Com políticas de confinamento se intensificando na China, protestos estão tomando conta do país comandado por Xi Jinping. Como forma de combater a censura, ativistas estão usando NFTs e outras tecnologias descentralizadas para serem notados.

Segundo informações de jornais como The Wall Street Journal e CNBC, policiais estão invadindo a privacidade de cidadãos chineses a procura de aplicativos banidos no país.

“Residentes de Xangai começaram a reclamar online que a polícia está pegando seus celulares em centros de transporte público para procurar por aplicativos estrangeiros, como Instagram, Twitter e Telegram”, relata uma repórter da CNBC. “O Telegram é um aplicativo de mensagens encriptadas, frequentemente usado por protestantes e ativistas para comunicação.”

Já a CNN aponta que os protestos se espalharam por todo país no último sábado (26) após um incêndio matar dez pessoas na quinta-feira (24). Ao que tudo indica, tais vidas poderiam ter sido salvas caso os bombeiros não tivessem sido atrasados pelas medidas de seu próprio governo.

Além de xingamentos a Xi Jinping e ao Partido Comunista, manifestantes também ergueram cartazes, gritando frases como “Não quero teste de Covid, quero liberdade!” e “Não quero ditadura, quero democracia!”

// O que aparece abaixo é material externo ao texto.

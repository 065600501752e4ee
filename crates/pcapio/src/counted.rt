//! A device whose failures are counted, so that a caller can distinguish a failure of the device from one of its own.
ghost use Rattle.std.specs.Prelude.{◌≡◌, ◌<◌, length, IfOk, OnOk, OnErr};
ghost use Rattle.std.specs.Io.{ReadsAtMost, WritesAtMost};
ghost use Rattle.std.specs.Io.KnownBytes.{Keeps, ReadConsumes, WriteAppends};

use std::io::{Read, Write};

/// A device failed: its count of failures has increased.
#[derive(Clone, Copy, Debug)]
pub(crate) struct Failed;

/// A reader or a writer, and how often it failed: returned an `Err`, `Interrupted` included, or wrote none of the bytes
/// of a non-empty write. The count stops at its maximum, 2^64 - 1.
#[derive(Debug, Drop)]
pub struct Counted<D> {
    device: D,
    failures: u64,
}

impl<D> Counted<D> {
    ghost use Rattle.pcapio.specs.Counted.{device_of, failures_of, HasFailed};

    /// A device that hasn't failed yet.
    pub fn new(device: D) -> Counted<D>
        ensures device { device_of result ≡ device }
        ensures failures { failures_of result ≡ 0 }
    {
        Counted {
            device,
            failures: 0,
        }
    }

    /// How often the device failed.
    pub fn failures(&self) -> u64
        ensures { result ≡ failures_of self.now }
    {
        self.failures
    }

    /// The device.
    pub fn into_inner(self) -> D
        ensures { result ≡ device_of self }
    {
        self.device
    }

    fn fail(&mut self) -> Failed
        ensures device { device_of self.new ≡ device_of self.old }
        ensures failures { HasFailed self.old self.new }
    {
        // The count stays at its maximum: wrapping around would hide failures.
        self.failures = self.failures.saturating_add(1);
        Failed
    }
}

impl<R: Read> Counted<R> {
    ghost use Rattle.pcapio.specs.Counted.{to_come, HasFailed, HasNotFailed};

    /// Reads once.
    #[inline]
    pub(crate) fn read(&mut self, buf: &mut [u8]) -> Result<usize, Failed>
        ensures bound { ReadsAtMost result buf.new }
        ensures bytes { ReadConsumes (to_come R.remaining self.old) (to_come R.remaining self.new) result buf.new }
        ensures ok { OnOk result (HasNotFailed self.old self.new) }
        ensures err { OnErr result (HasFailed self.old self.new) }
    {
        match self.device.read(buf) {
            Ok(count) => Ok(count),
            Err(_) => Err(self.fail()),
        }
    }
}

impl<W: Write> Counted<W> {
    ghost use Rattle.pcapio.specs.Counted.{told, HasFailed, HasNotFailed};

    /// Writes once. Requires: there is something to write.
    #[inline]
    pub(crate) fn write(&mut self, buf: &[u8]) -> Result<usize, Failed>
        requires { 0 < length buf.now }
        ensures bound { WritesAtMost result buf.now }
        ensures nonzero { IfOk result (λ count. 0 < count) }
        ensures bytes { WriteAppends (told W.contents self.old) (told W.contents self.new) result buf.now }
        ensures ok { OnOk result (HasNotFailed self.old self.new) }
        ensures err { OnErr result (HasFailed self.old self.new) }
    {
        match self.device.write(buf) {
            Ok(0) | Err(_) => Err(self.fail()),
            Ok(count) => Ok(count),
        }
    }

    /// Asks the device to flush what it holds back.
    pub(crate) fn flush(&mut self) -> Result<(), Failed>
        ensures bytes { Keeps (told W.contents self.old) (told W.contents self.new) }
        ensures ok { OnOk result (HasNotFailed self.old self.new) }
        ensures err { OnErr result (HasFailed self.old self.new) }
    {
        match self.device.flush() {
            Ok(()) => Ok(()),
            Err(_) => Err(self.fail()),
        }
    }
}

NFTs são usados para combater censura

Conforme a polícia está revistando celulares para localizar aplicativos estrangeiros, alguns ativistas estão buscando soluções descentralizadas para mostrar ao mundo a situação da China.

Intitulada Silent Speech (Discurso Silencioso, em português), uma coleção com 135 NFTs listada na OpenSea mostra fotos de protestos, pichações, mascaras amontoadas e até mesmo publicações realizadas em redes sociais.

Coleção de NFTs mostra situação da China enquanto cidadãos lutam contra política de lockdown contra a Covid-19.

Conforme sites como Twitter, Google, Facebook e YouTube são banidos na China, ativistas também estão usando outras soluções descentralizadas, como IPFS, para hospedar imagens, vídeos e textos.

No Matters, site que utiliza tal tecnologia, é possível encontrar diversos destes artigos, mostrando o andamento dos protestos, dia após dia.

Por fim, vale lembrar que a China já está usando sua moeda digital de banco central (CBDC). Portanto, parece apenas questão de tempo até que chineses que buscam liberdade sejam punidos financeiramente.

Ou seja, não levará muito tempo até eles perceberem que também precisam de uma moeda descentralizada como o Bitcoin para seguirem com suas vidas.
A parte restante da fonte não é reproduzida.